PAH therapy reverses blood vessel remodeling in preclinical model
Effects of CS014 provide 'very good basis' to target disease: Scientists
Cereno Scientific’s investigational therapy CS014 was found to reverse remodeling, meaning alterations in structure and arrangement, of pulmonary arteries in a preclinical model of pulmonary arterial hypertension (PAH).
According to the company, the new preclinical data “provide the most compelling evidence to date that CS014 offers a disease modifying approach to PAH and related pulmonary vascular diseases by robustly reversing pulmonary pathological [disease-causing] vascular remodeling and fibrosis,” or tissue thickening and scarring.
The preclinical model exhibits many features of PAH, including pulmonary vascular remodeling and fibrosis, per Cereno.
“The CS014 effects in the preclinical model are impressive and give us a very good basis to target diseases of vascular remodeling and fibrosis in future clinical trials,” Nicholas Oakes, PhD, Cereno’s head of preclinical development, said in a company press release.
Further details and results will be disclosed in a future scientific publication, the company said.
CS014 now being tested in Phase 1 clinical trial
PAH is characterized by the narrowing of the pulmonary arteries — the blood vessels that supply the lungs. Such narrowing restricts blood flow and increases blood pressure, potentially leading to right heart failure. Arterial narrowing occurs as a result of pulmonary vascular remodeling, a process that involves the uncontrolled growth of smooth muscle cells that progressively thicken the arterial walls.

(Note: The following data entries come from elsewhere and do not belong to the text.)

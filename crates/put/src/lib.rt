// Bytes and decimal digits put into a lent buffer, where a byte past the end is counted and not put, and a block's numbers put into a lent
// list.

#![tactic(auto)]

ghost use Rattle.std.specs.Prelude.{◌≡◌, [], ◌∷◌, ◌+◌, ◌≤◌, ◌<◌, pos, length};
ghost use Rattle.put.specs.Put.{Put};
ghost use Rattle.put.specs.Digits.{digits, decimal};

// One byte at place `at`. Answers with the next place.
pub fn put_byte(out: &mut [u8], at: usize, b: u8) -> usize
    requires { at < 1099511627776 }
    ensures { Put out.old at (b ∷ []) out.new result }
{
    if at < out.len() {
        out[at] = b;
        return at + 1;
    }
    at + 1
}

// A block's three numbers in a list, from place `at` on. Answers with the next place.
pub fn put_entry(list: &mut [i32], at: usize, dy: i32, dx: i32, distortion: u32) -> usize
    requires { (at + 3 ≤ length list.old) × (distortion ≤ 2147483647) }
    ensures { Put list.old at (dy ∷ dx ∷ pos distortion ∷ []) list.new result }
{
    list[at] = dy;
    list[at + 1] = dx;
    list[at + 2] = distortion as i32;
    at + 3
}

// The byte of a digit.
fn digit(n: usize) -> u8
    requires { n < 10 }
    ensures { result ≡ 48 + n }
{
    48 + n as u8
}

// The decimal digits of n, at most so many.
fn put_digits(out: &mut [u8], at: usize, n: usize, most: usize) -> usize
    requires { (at + most ≤ 1000001020) × (most ≤ 20) }
    ensures { Put out.old at (digits most n) out.new result }
{
    if most == 0 {
        return at;
    }
    if n < 10 {
        return put_byte(out, at, digit(n));
    }
    let k = put_digits(out, at, n / 10, most - 1);
    put_byte(out, k, digit(n % 10))
}

// The decimal digits of n. Most numbers have one.
pub fn put_number(out: &mut [u8], at: usize, n: usize) -> usize
    requires { at ≤ 1000001000 }
    ensures { Put out.old at (decimal n) out.new result }
{
    if n < 10 {
        return put_byte(out, at, digit(n));
    }
    put_digits(out, at, n, 20)
}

CS014 works as an epigenetic modulator, meaning it makes changes to how genes are read, but not to the DNA sequence itself. It’s designed to block histone deacetylase (HDAC), a class of enzymes that make DNA less accessible for the production of proteins.
The therapy is being developed to prevent thrombosis — when blood clots block veins or arteries — without increasing the risk of bleeding. According to Cereno, additional benefits are expected, including less inflammation, fibrosis, and vascular remodeling, as well as lower blood pressure.
Besides a dose-dependent reversal of vascular remodeling in the lung, the results seen in the preclinical model included statistically significant reductions in small artery vessel occlusion, less fibrosis, and smaller plexiform lesions. These lesions are a PAH hallmark characterized by complex blood vessel formations originating from remodeled pulmonary arteries.
The results suggest that CS014 may be a disease-modifying therapy for PAH, according to Cereno.
A Phase 1 clinical trial testing the therapy’s safety, tolerability, and pharmacological properties started dosing patients in June. The trial will have two parts, with part one assessing the safety, tolerability and pharmacological profile of single ascending oral doses of CS014. Part two will explore the treatment candidate’s safety, tolerability, and pharmacology following multiple ascending doses given over seven days.
Results of the study are expected in approximately one year.
“I am happy to share progress in our HDAC inhibitor program, adding to the plethora of evidence supporting the concept of HDAC inhibition and epigenetic modulation as relevant approaches for disease modifying therapies in cardiovascular diseases,” said Sten R. Sörensen, CEO of Cereno.
The company is also developing another HDAC inhibitor, CS1, a reformulation of an antiseizure medication that also works as an epigenetic modulator. CS1 is undergoing a Phase 2 trial (NCT05224531) involving about 30 people. Preliminary results from the first participant who completed the study were positive, with reduced pulmonary hypertension and improved cardiac output — the amount of blood pumped by the heart — and physical function. Top-line data from that study are expected soon.